# Custom barnett black widow



## Mrbeaaattie (Nov 10, 2015)

After my black widow's wrist brace decided to die on me I took her apart switched brace around after cutting off the brace and chamfering the prong ends with my lansky world legal (awesome knife) I also carved a notch in the Base and have fitted a wrist band so slingshot can hang from wrist

The prongs give some forward weight and seem to reduce shake allot and the wrist strap is pretty convenient and looks as though it's part of the slingshot

It's better now than was before lol

Thanks

Chris


----------



## Phoul Mouth (Jan 6, 2015)

I think wll needs to pop in here and post some of what he does to these slings.


----------



## Slingshot Silas (Apr 4, 2013)

Hey Chris,

That's pretty cool, man.
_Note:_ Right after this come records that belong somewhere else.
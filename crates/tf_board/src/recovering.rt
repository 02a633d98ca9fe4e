//! How a board's commands are read back from its journal.
ghost use Rattle.std.specs.Prelude.{◌≡◌, ◌++◌, ◌∷◌, [], ℕ, List, false, OnOk, IfOk, IfErr, IsErrOf};
ghost use Rattle.tf_journal.specs.Reading.{OnlyReads};
ghost use Rattle.tf_journal.specs.declared.title.Title.TheVariants.{Jobs as jobs_title};
ghost use Rattle.tf_records.specs.Replaying.{FailsToReadBack};
ghost use Rattle.tf_board.specs.Board.{IsRefusedCommand};
ghost use Rattle.tf_board.specs.Reading.{HasReadCommands, HasReadBoard};

use crate::bodies::decode_command;
use crate::kept::Kept;
use std::alloc::Global;
use tf_desk::Desk;
use tf_journal::{Journal, LoadFault};
use tf_records::{Replay, read_back};
use tf_values::MakeFault;

impl Replay for Kept {
    ghost use Rattle.tf_board.specs.Board.{IsRefusedCommand};
    ghost use Rattle.tf_board.specs.Reading.{HasReadCommands};

    ghost replayed = { HasReadCommands };

    ghost refuses = { IsRefusedCommand };

    /// Reads a command of these bytes, which isn't refused after those that are kept, and keeps it. `No` comes where
    /// no such command has them.
    fn replay(&mut self, alloc: Global, body: &[u8]) -> Result<(), MakeFault> {
        let command = decode_command(alloc, body)?;
        match self.change_of(alloc, &command) {
            Ok(Some(change)) => {
                self.reserve()?;
                self.keep(command, change);
                Ok(())
            }
            Ok(None) => Err(MakeFault::No),
            Err(_) => Err(MakeFault::Memory),
        }
    }
}

/// Reads the commands of a journal.
pub fn read_commands<K: Desk>(alloc: Global, journal: &mut Journal<K>) -> Result<Kept, LoadFault>
    requires in_file { journal.old.volatile ≡ false }
    requires title { journal.old.title ≡ jobs_title }
    ensures read { IfOk result (λ kept. HasReadBoard K.state journal.old journal.new.desk kept) }
    ensures fails { IfErr result (λ fault. FailsToReadBack K.state IsRefusedCommand
        fault journal.old journal.new.desk) }
    ensures reads { OnlyReads K.state journal.old journal.new }
{
    let mut kept = Kept::none(alloc);
    match read_back(alloc, journal, &mut kept) {
        Ok(()) => Ok(kept),
        Err(fault) => {
            drop(kept);
            Err(fault)
        }
    }
}
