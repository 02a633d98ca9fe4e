use tf_values::{Name, Text};

/// Why a call of a board did nothing: no job has the id, whose text it is; its job is gone; somebody has it; the owner
/// hasn't, but perhaps somebody else; the disk failed; the board is full, of that size where `need` bytes more were
/// asked for; an earlier call found a disk fault; or memory ran out.
#[derive(Debug, Drop)]
pub enum BoardFault {
    NoJob(Text),
    Gone(Text),
    Claimed(Name),
    NotOwner(Option<Name>),
    Disk,
    Full { size: u64, need: u64 },
    Halted,
    Memory,
}
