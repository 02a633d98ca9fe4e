//! A desk for runs of which nothing is kept and nothing is said.
ghost use Rattle.std.specs.Prelude.{◌≡◌, None};
ghost use Rattle.std.proofs.lemmas.Bool.{false≢true};
ghost use Rattle.tf_desk.specs.FileDesk.{without_content};

use std::alloc::Global;
use tf_desk::{Desk, DeskFault};
use tf_values::Text;

/// A desk that shows nothing and keeps nothing but how often it was asked for a stop, which it never asks for. No call
/// of it fails.
#[derive(Drop)]
pub struct Mute {
    turns: u64,
}

impl Mute {
    /// A desk that wasn't asked yet.
    pub fn make() -> Mute
        ensures { result.turns ≡ 0 }
    {
        Mute { turns: 0 }
    }
}

impl Desk for Mute {
    ghost state = { λ desk. without_content None 0 0 0 desk.turns };

    ghost tells_shown = { λ desk told. told };

    ghost picked_is_there = { λ desk name told. absurd (false≢true told) };

    ghost reads_left = { λ desk name bytes told. absurd (false≢true told) };

    ghost none_left = { λ desk name image told. absurd (false≢true told) };

    ghost earlier_allows = { λ desk early late image text told. absurd (false≢true told) };

    ghost counts_now = { λ desk start image text told. absurd (false≢true told) };

    ghost only_now = { λ desk image text told. absurd (false≢true told) };

    fn pick(&mut self, _alloc: Global, _name: &Text) -> Result<(), DeskFault> {
        Ok(())
    }

    fn size(&mut self) -> Result<u64, DeskFault> {
        Ok(0)
    }

    fn read(&mut self, _at: u64, _buf: &mut [u8]) -> Result<usize, DeskFault> {
        Ok(0)
    }

    fn write_at(&mut self, _at: u64, _bytes: &[u8]) -> Result<(), DeskFault> {
        Ok(())
    }

    fn sync(&mut self) -> Result<(), DeskFault> {
        Ok(())
    }

    fn say(&mut self, _bytes: &[u8]) -> Result<(), DeskFault> {
        Ok(())
    }

    fn stop_asked(&mut self) -> bool {
        self.turns = self.turns.saturating_add(1);
        false
    }
}
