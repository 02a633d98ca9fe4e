ghost use Rattle.std.specs.Prelude.{◌≡◌, [], None, true, IfOk};
ghost use Rattle.tf_book.specs.Book.{begun_contents};
ghost use Rattle.tf_flow.specs.Plan.{plan_tree};
ghost use Rattle.tf_machine.specs.Machine.{StandsFor};
ghost use Rattle.tf_runner.specs.Conducts.{BytesRunTo, PlanRunsTo};
ghost use Rattle.tf_runner.specs.Reading.{ContentRunsTo, MeansRunTo};
ghost use Rattle.tf_runner.specs.Working.{IsCalm, LeftBy, ran_by};

use crate::files::{Content, JobFile, find};
use crate::mute::Mute;
use std::alloc::Global;
use std::sync::Arc;
use tf_accept::accept;
use tf_actions::Performer;
use tf_book::{Book, Buffers, Halt, Shelf};
use tf_conductor::{Ran, Runner};
use tf_engines::{How, RunEnd, serial};
use tf_flow::Binds;
use tf_machine::Machine;
use tf_states::FlowState;
use tf_values::{Memory, Val};

/// Runs jobs with one hand: the details of a job are the name of a flow file, which is one of those that were read
/// beforehand. Nothing of a run is kept, and nothing of it is said. A run is done where its flow ended in SUCCESS; and
/// the job is left where its details are no text, or name a file that wasn't read, is too long or gives no plan, and
/// where the run ended otherwise or filled its book. The buffers of the last run serve the next one.
#[derive(Drop)]
pub struct FileRunner<P> {
    hand: P,
    files: Arc<Vec<JobFile>, Global>,
    buffers: Option<Buffers>,
}

impl<P> FileRunner<P> {
    /// Who runs the flows of these files with that hand.
    pub fn make(hand: P, files: Arc<Vec<JobFile>, Global>) -> FileRunner<P>
        ensures hand { result.hand ≡ hand }
        ensures files { result.files ≡ files }
    {
        FileRunner {
            hand,
            files,
            buffers: None,
        }
    }

    /// The hand back.
    pub fn into_hand(self) -> P
        ensures { result ≡ self.hand }
    {
        let FileRunner {
            hand,
            files,
            buffers,
        } = self;
        drop(buffers);
        drop(files);
        hand
    }
}

impl<P: Performer> Runner for FileRunner<P> {
    ghost use Rattle.std.specs.Prelude.{None};
    ghost use Rattle.std.specs.Arc.{arc_value};
    ghost use Rattle.tf_runner.specs.Reading.{MeansRunTo};

    ghost did = { λ _. None };

    ghost gives = { λ runner. MeansRunTo P.gives (arc_value runner.files).items };

    fn run(&mut self, alloc: Global, details: &Val) -> Result<Ran, Memory> {
        let Val::Text(name) = details else {
            return Ok(Ran::Left);
        };
        let Some(file) = find(&self.files, name) else {
            return Ok(Ran::Left);
        };
        run_content(alloc, &file.content, &mut self.hand, &mut self.buffers)
    }
}

/// Runs the flow of a file, if it was read whole.
fn run_content<P: Performer>(
    alloc: Global,
    content: &Content,
    hand: &mut P,
    buffers: &mut Option<Buffers>,
) -> Result<Ran, Memory>
    ensures { IfOk result (ContentRunsTo P.gives content.now) }
{
    match content {
        Content::Bytes(bytes) => run_bytes(alloc, bytes, hand, buffers),
        Content::TooLong => Ok(Ran::Left),
    }
}

/// Runs the flow that the bytes of a file give, if they give one.
fn run_bytes<P: Performer>(
    alloc: Global,
    bytes: &[u8],
    hand: &mut P,
    buffers: &mut Option<Buffers>,
) -> Result<Ran, Memory>
    ensures { IfOk result (BytesRunTo P.gives bytes.now) }
{
    match accept(alloc, bytes, Binds::make(Vec::new(alloc)), false, None) {
        Ok(machine) => run_plan(alloc, machine, hand, buffers),
        Err(reason) => {
            if reason.is_memory() {
                return Err(Memory);
            }
            Ok(Ran::Left)
        }
    }
}

/// Runs the plan of a machine, in the buffers of the last run, if there was one.
fn run_plan<P: Performer>(
    alloc: Global,
    machine: Machine,
    hand: &mut P,
    buffers: &mut Option<Buffers>,
) -> Result<Ran, Memory>
    requires fresh { StandsFor machine [] }
    ensures { IfOk result (PlanRunsTo P.gives (plan_tree machine.plan)) }
{
    let last = match buffers.take() {
        Some(last) => last,
        None => Buffers::make(alloc)?,
    };
    match Shelf::volatile_in(alloc, last, Mute::make()) {
        Ok(shelf) => run_on(alloc, shelf, machine, hand, buffers),
        Err(_) => Err(Memory),
    }
}

/// Runs the plan of a machine in a shelf without a detail.
fn run_on<P: Performer>(
    alloc: Global,
    shelf: Shelf<Mute>,
    machine: Machine,
    hand: &mut P,
    buffers: &mut Option<Buffers>,
) -> Result<Ran, Memory>
    requires none { shelf.elements ≡ [] }
    requires fresh { StandsFor machine [] }
    ensures { IfOk result (PlanRunsTo P.gives (plan_tree machine.plan)) }
{
    match shelf.start(machine, true) {
        Ok(book) => run_book(alloc, book, hand, buffers),
        Err(_) => Err(Memory),
    }
}

/// Runs the flow of a book that keeps nothing, and keeps its buffers.
fn run_book<P: Performer>(
    alloc: Global,
    book: Book<Mute>,
    hand: &mut P,
    buffers: &mut Option<Buffers>,
) -> Result<Ran, Memory>
    requires none { book.past ≡ [] }
    requires contents { book.contents ≡ begun_contents [] book.plan }
    requires sound { book.halt ≡ None }
    ensures { IfOk result (PlanRunsTo P.gives (plan_tree book.plan)) }
{
    let RunEnd { book, how } = serial(alloc, book, hand, None);
    *buffers = Some(book.into_buffers());
    match how {
        How::Ended(last) => Ok(ran_of(last)),
        How::Halted(halt) => left_by(halt),
        How::Suspended => unreachable!(),
    }
}

/// A run is done where its flow ended in SUCCESS.
fn ran_of(last: FlowState) -> Ran
    ensures { result ≡ ran_by last }
{
    match last {
        FlowState::Success => Ran::Done,
        _ => Ran::Left,
    }
}

/// The job is left whose run filled its book.
fn left_by(halt: Halt) -> Result<Ran, Memory>
    requires { IsCalm halt }
    ensures { IfOk result (LeftBy halt) }
{
    match halt {
        Halt::Full { .. } => Ok(Ran::Left),
        Halt::Memory => Err(Memory),
        Halt::Disk | Halt::Out => unreachable!(),
    }
}
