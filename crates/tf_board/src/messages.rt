ghost use Rattle.std.specs.Prelude.{◌≡◌, ◌≢◌, ◌++◌, ◌∷◌, [], codes, IfOk, IsErr};
ghost use Rattle.std.specs.List.{flat_map};
ghost use Rattle.tf_report.specs.Lines.{job_line, owner_text};
ghost use Rattle.tf_board.specs.Does.{call_text, fault_text, fault_status, posted_text, applied_text, kept_text};
ghost use Rattle.tf_report.specs.Closing.{not_a_book, book_full};
ghost use Rattle.tf_board.specs.Board.{id_of, listed};
ghost use Rattle.tf_board.specs.declared.faults.BoardFault.{BoardFault};

use crate::board::Board;
use crate::calls::JobCall;
use crate::commands::JobAction;
use crate::faults::BoardFault;
use crate::ids::{id_text, job_id};
use std::alloc::Global;
use tf_desk::Desk;
use tf_report::{
    BOARD_REFUSED, DISK_FAILED, DISK_FAULT, FULL, OUT_OF_MEMORY, append, append_book_full,
    append_not_a_book, append_pair, jobs,
};
use tf_values::{Memory, Name};
use uuid::Uuid;

/// The message for a file that is no board: the offset and the byte that show it, or the file's end.
pub fn not_a_book_text(alloc: Global, offset: u64, byte: Option<u8>) -> Result<Vec<u8>, Memory>
    ensures { IfOk result (λ text. text.items ≡ not_a_book offset byte) }
{
    let mut out = Vec::new(alloc);
    append_not_a_book(offset, byte, &mut out)?;
    Ok(out)
}

/// The message for a board that is full: its size, and how many bytes more were asked for.
fn book_full_text(alloc: Global, size: u64, need: u64) -> Result<Vec<u8>, Memory>
    ensures { IfOk result (λ text. text.items ≡ book_full size need) }
{
    let mut out = Vec::new(alloc);
    append_book_full(size, need, &mut out)?;
    Ok(out)
}

/// A head, a name, and the end of the line.
pub fn line(alloc: Global, head: &[u8], name: &[u8]) -> Result<Vec<u8>, Memory>
    ensures { IfOk result (λ text. text.items ≡ head.now ++ name.now ++ 10 ∷ []) }
{
    let mut out = Vec::new(alloc);
    append_pair(head, name, &mut out)?;
    append(b"\n", &mut out)?;
    Ok(out)
}

/// A text that is always the same.
fn fixed(alloc: Global, text: &[u8]) -> Result<Vec<u8>, Memory>
    ensures { IfOk result (λ copy. copy.items ≡ text.now) }
{
    let mut out = Vec::new(alloc);
    append(text, &mut out)?;
    Ok(out)
}

/// The message for a call that did nothing. `Memory` is answered for want of memory, of the call or here.
#[tactic(auto, unfolding(crate::specs::Does::fault_text))]
pub fn fault_line(alloc: Global, fault: BoardFault) -> Result<Vec<u8>, Memory>
    requires { fault ≢ BoardFault.Halted }
    ensures line { IfOk result (λ text. text.items ≡ fault_text fault) }
    ensures stopped { fault ≡ BoardFault.Memory → IsErr result }
{
    match fault {
        BoardFault::NoJob(id) => line(alloc, b"taskflow: no job: ", id.bytes()),
        BoardFault::Gone(id) => line(alloc, b"taskflow: job gone: ", id.bytes()),
        BoardFault::Claimed(owner) => line(alloc, b"taskflow: claimed by ", owner.bytes()),
        BoardFault::NotOwner(owner) => owner_line(alloc, b"taskflow: not the owner: ", owner),
        BoardFault::Full { size, need } => book_full_text(alloc, size, need),
        BoardFault::Disk => fixed(alloc, DISK_FAULT),
        BoardFault::Halted => unreachable!(),
        BoardFault::Memory => Err(Memory),
    }
}

/// The status of a call that did nothing.
pub fn status_of(fault: &BoardFault) -> u8
    ensures { result ≡ fault_status fault.now }
{
    match fault {
        BoardFault::NoJob(_)
        | BoardFault::Gone(_)
        | BoardFault::Claimed(_)
        | BoardFault::NotOwner(_) => BOARD_REFUSED,
        BoardFault::Full { .. } => FULL,
        BoardFault::Disk => DISK_FAILED,
        BoardFault::Halted | BoardFault::Memory => OUT_OF_MEMORY,
    }
}

/// The lines of a board's jobs.
pub fn jobs_text<K: Desk>(alloc: Global, board: &Board<K>) -> Result<Vec<u8>, Memory>
    ensures { IfOk result (λ text. text.items ≡ flat_map job_line (listed board.now.past)) }
{
    let lines = board.list()?;
    let mut out = Vec::new(alloc);
    jobs(&lines, &mut out)?;
    Ok(out)
}

/// A head, and who has a job.
fn owner_line(alloc: Global, head: &[u8], owner: Option<Name>) -> Result<Vec<u8>, Memory>
    ensures { IfOk result (λ text. text.items ≡ head.now ++ owner_text owner ++ 10 ∷ []) }
{
    match owner {
        Some(owner) => line(alloc, head, owner.bytes()),
        None => line(alloc, head, b"-"),
    }
}

/// What is said of who has a job.
#[tactic(auto, unfolding(crate::specs::Does::kept_text))]
pub fn kept_line(alloc: Global, owner: Option<Name>) -> Result<Vec<u8>, Memory>
    ensures { IfOk result (λ text. text.items ≡ kept_text owner) }
{
    owner_line(alloc, b"owner ", owner)
}

/// What is said of the job that was posted with this number.
#[tactic(auto, unfolding(crate::specs::Does::posted_text))]
pub fn posted_line(alloc: Global, number: u64, name: &Name) -> Result<Vec<u8>, Memory>
    ensures { IfOk result (λ text. text.items ≡ posted_text (id_of number name.now)) }
{
    let id = job_id(alloc, number, name)?;
    let id = id_text(alloc, &id)?;
    line(alloc, b"posted ", id.bytes())
}

/// What is said of what an owner did with a job.
#[tactic(auto, unfolding(crate::specs::Does::applied_text))]
pub fn applied_line(
    alloc: Global,
    action: JobAction,
    id: &Uuid,
    owner: &Name,
) -> Result<Vec<u8>, Memory>
    ensures { IfOk result (λ text. text.items ≡ applied_text action id.now owner.now) }
{
    let id = id_text(alloc, id)?;
    match action {
        JobAction::Claim => claimed_line(alloc, id.bytes(), owner.bytes()),
        JobAction::Abandon => line(alloc, b"abandoned ", id.bytes()),
        JobAction::Consume => line(alloc, b"consumed ", id.bytes()),
        JobAction::Trash => line(alloc, b"trashed ", id.bytes()),
    }
}

/// What is said of a call that was made about the job of this number.
pub fn call_line(alloc: Global, call: &JobCall, job: u64) -> Result<Vec<u8>, Memory>
    ensures { IfOk result (λ text. text.items ≡ call_text call.now job) }
{
    match call {
        JobCall::Post {
            name,
            priority: _,
            details: _,
        } => posted_line(alloc, job, name),
        JobCall::Apply { action, id, owner } => applied_line(alloc, *action, id, owner),
    }
}

/// What is said of a job that an owner took, of whose id this is the text.
fn claimed_line(alloc: Global, id: &[u8], owner: &[u8]) -> Result<Vec<u8>, Memory>
    ensures { IfOk result (λ text. text.items ≡ codes "claimed " ++ id.now ++ 32 ∷ owner.now ++ 10 ∷ []) }
{
    let mut out = Vec::new(alloc);
    append_pair(b"claimed ", id, &mut out)?;
    append_pair(b" ", owner, &mut out)?;
    append(b"\n", &mut out)?;
    Ok(out)
}
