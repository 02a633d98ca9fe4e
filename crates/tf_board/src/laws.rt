//! What holds of every list of commands. The functions do nothing; their contracts are the laws.
ghost use Rattle.std.specs.Prelude.{◌≡◌, ◌≤◌, ◌<◌, ◌≢◌, ◌==◌, ℕ, List, ◌∷◌, ◌++◌, false, length, Some, None, slice_get};
ghost use Rattle.std.specs.List.{list_any, AllByRecursion};
ghost use Rattle.tf_journal.specs.Format.{Recovered};
ghost use Rattle.tf_values.specs.declared.value.Val.{Val};
ghost use Rattle.tf_board.specs.Board.{AreOfBoard, Finds, IsCommand, command_bytes, standing_of, jobs_of, place_of, named, refuses_id, LegalJobs};
ghost use Rattle.tf_board.specs.Does.{number_of, applied};
ghost use Rattle.tf_board.specs.Seeking.{free_job, id_at, details_at, by_other};
ghost use Rattle.tf_board.specs.declared.commands.Command.{Command};
ghost use Rattle.tf_board.specs.declared.commands.Command.TheVariants as command;
ghost use Rattle.tf_board.specs.declared.commands.JobAction.{JobAction};
ghost use Rattle.tf_board.specs.declared.commands.JobAction.TheVariants as action;
ghost use Rattle.tf_board.specs.declared.jobs.Job.{Job};
ghost use Rattle.tf_board.specs.declared.jobs.Standing.TheVariants as standing;

/// A form is that of one command, and has 1 to 131,200 bytes.
pub fn command_has_one_form()
    ensures one { (a b : Command) → IsCommand a → IsCommand b → command_bytes a ≡ command_bytes b → a ≡ b }
    ensures long { (c : Command) → IsCommand c → (1 ≤ length (command_bytes c)) × (length (command_bytes c) ≤ 131200) }
{}

/// A claim is among the commands only where nobody had the job before it, and after it the claimant has it.
pub fn a_claim_is_of_a_free_job()
    ensures free { (past : List Command) (job : ℕ) (owner : List ℕ)
        → LegalJobs (command.Apply action.Claim job owner ∷ past)
        → standing_of past job ≡ standing.Free }
    ensures held { (past : List Command) (job : ℕ) (owner : List ℕ)
        → standing_of (command.Apply action.Claim job owner ∷ past) job ≡ standing.Held owner }
{}

/// Between two claims of one job its first claimant gave it up: so no job has two owners, and nobody loses one unasked.
pub fn a_job_is_given_up_between_claims()
    ensures { (newer past : List Command) (job : ℕ) (first second : List ℕ)
        → LegalJobs (command.Apply action.Claim job second
        ∷ (newer ++ (command.Apply action.Claim job first ∷ past)))
        → (later : List Command) × (older : List Command)
        × (newer ≡ later ++ (command.Apply action.Abandon job first ∷ older)) }
{}

/// An id names the job of least number that has it: it has the id, and each job before it has another.
pub fn an_id_names_its_first_job()
    ensures { (past : List Command) (id : List ℕ) (job : Job) → named (jobs_of past) id ≡ Some job
        → (job.id ≡ id) × ((other : Job) (place : ℕ) → slice_get (jobs_of past) place ≡ Some other
        → other.number < job.number → other.id ≢ id) }
{}

/// A file has one list of commands: two lists that a board may hold, and that are found in it, are the same.
pub fn a_file_has_one_list()
    ensures { (a b : List Command) (found : Recovered) → AreOfBoard a → AreOfBoard b → Finds a found → Finds b found
        → a ≡ b }
{}

/// An id goes on naming the job that it names, whatever commands are added.
pub fn an_id_goes_on_naming_its_job()
    ensures { (newer past : List Command) (id : List ℕ) (place : ℕ) → place_of (jobs_of past) id ≡ Some place
        → place_of (jobs_of (newer ++ past)) id ≡ Some place }
{}

/// A job that is found free has an id by which anybody may claim it, and details; its number isn't to be skipped.
pub fn a_free_job_may_be_claimed()
    ensures claim { (past : List Command) (skip : List ℕ) (number : ℕ) → free_job past skip ≡ Some number
        → (id : List ℕ) × (id_at past number ≡ Some id) × (number_of past id ≡ number)
        × ((owner : List ℕ) → refuses_id past action.Claim id owner ≡ None) }
    ensures details { (past : List Command) (skip : List ℕ) (number : ℕ) → free_job past skip ≡ Some number
        → (details : Val) × (details_at past number ≡ Some details) }
    ensures unskipped { (past : List Command) (skip : List ℕ) (number : ℕ) → free_job past skip ≡ Some number
        → list_any (λ n. n == number) skip ≡ false }
{}

/// While others alone do something, who claimed a job by its id may give it back, finish it or throw it away by that id,
/// which goes on naming it.
pub fn a_claimant_keeps_its_job()
    ensures { (newer past : List Command) (id owner : List ℕ) (act : JobAction) → act ≢ action.Claim
        → LegalJobs (newer ++ (applied past action.Claim id owner ∷ past))
        → AllByRecursion (by_other owner) newer
        → (refuses_id (newer ++ (applied past action.Claim id owner ∷ past)) act id owner ≡ None)
        × (number_of (newer ++ (applied past action.Claim id owner ∷ past)) id ≡ number_of past id) }
{}
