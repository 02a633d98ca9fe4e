//! How a command on a board opens it.
ghost use Rattle.std.specs.Prelude.{IsTrue};
ghost use Rattle.tf_desk.specs.State.{told_as};
ghost use Rattle.tf_board.specs.Board.{Opens, desk_loaded};

use crate::board::Board;
use std::alloc::Global;
use tf_desk::{Desk, DeskFault};
use tf_journal::LoadFault;
use tf_values::Text;

/// Picks the file of that name, and reads it as a board, or makes one of it where it is unborn. What is told of
/// the file is told as far as the desk tells after the call, and it tells then only where it told before.
pub fn open<K: Desk>(alloc: Global, mut desk: K, name: &Text) -> Result<Board<K>, (K, LoadFault)>
    ensures opens { Opens K.state name.now (told_as (K.state (desk_loaded result)) (K.state desk)) result }
    ensures falls { IsTrue (K.state (desk_loaded result)).tells → IsTrue (K.state desk).tells }
{
    match desk.pick(alloc, name) {
        Ok(()) => Board::load(alloc, desk),
        Err(DeskFault::Disk) => Err((desk, LoadFault::Disk)),
        Err(DeskFault::Memory) => Err((desk, LoadFault::Memory)),
        Err(DeskFault::Out) => unreachable!(),
    }
}
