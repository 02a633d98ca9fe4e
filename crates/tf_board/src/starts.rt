ghost use Rattle.std.specs.Prelude.{◌≡◌, ◌∷◌, ◌++◌, ◌<◌, [], List, Option, Some, length};
ghost use Rattle.tf_board.specs.Board.{priority_byte as byte_of};
ghost use Rattle.tf_board.specs.Seeking.{firsts, starts_in as starts_among};
ghost use Rattle.tf_states.specs.declared.priorities.Priority.{Priority as APriority};

use crate::commands::priority_byte;
use crate::jobs::is_priority;
use tf_states::Priority;

/// Where the search for a job begins: the first place that is free under each priority, of those before the first
/// under the most urgent one, and where these end. What stands behind matters only where that one may not be taken.
#[derive(Drop)]
pub struct Starts {
    found: [Option<usize>; 5],
    end: usize,
}

/// How many priorities are more urgent.
fn rank(priority: Priority) -> usize
    ensures is { result ≡ byte_of priority }
    ensures within { result < 5 }
{
    priority_byte(priority).into()
}

/// Notes the place that is free under the priority, unless an earlier one is.
fn note(found: &mut [Option<usize>; 5], priority: Priority, place: usize)
    ensures { (before : List (Option APriority)) → found.old ≡ firsts before → place ≡ length before
        → found.new ≡ firsts (before ++ Some priority ∷ []) }
{
    let first = rank(priority);
    if found[first].is_none() {
        found[first] = Some(place);
    }
}

/// Where the search begins under each priority, in one pass.
pub fn starts_in(free: &[Option<Priority>]) -> Starts
    ensures { result ≡ starts_among free.now }
{
    let mut found = [None; 5];
    for (place, under) in free.iter().enumerate() {
        if let Some(priority) = *under {
            if is_priority(priority, Priority::VeryHigh) {
                return Starts { found, end: place };
            }
            note(&mut found, priority, place);
        }
    }
    Starts {
        found,
        end: free.len(),
    }
}

impl Starts {
    ghost use Rattle.std.specs.Prelude.{◌≡◌, List, Option};
    ghost use Rattle.tf_board.specs.Seeking.{starts_in as starts_among, start_under};
    ghost use Rattle.tf_states.specs.declared.priorities.Priority.{Priority as APriority};

    /// The place before which no job is free under the priority.
    pub fn of(&self, priority: Priority) -> usize
        ensures { (free : List (Option APriority)) → self.now ≡ starts_among free
            → result ≡ start_under free priority }
    {
        self.found[rank(priority)].unwrap_or(self.end)
    }
}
I have a Black Widow too, and I really like the thing. Had to replace the standard pouch for my liking. The one on mine was big enough to hold a baseball! It sure is a whole lot more sensibly designed and compact than some of Barnetts other ideas. The flip idea is cool. Kinda' like a folding stabilizer, eh. I had folding slingshots when I was a kid, and that's what kids wanted way back then. Not the standard natural fork, or even the manufactured wooden designs. If you had one of those, the other kids thought your family was "poor". Ha ha, that was back in the late 60's when I was about 10 years old, so that gives you an idea of how old my carcase is. I still have an old Marksman brand "Starship", and it is still in good workin order. Thanks for sharing.

Happy Thanksgiving everybody,

Steve aka Slingshot Silas

:woot: :woot:


----------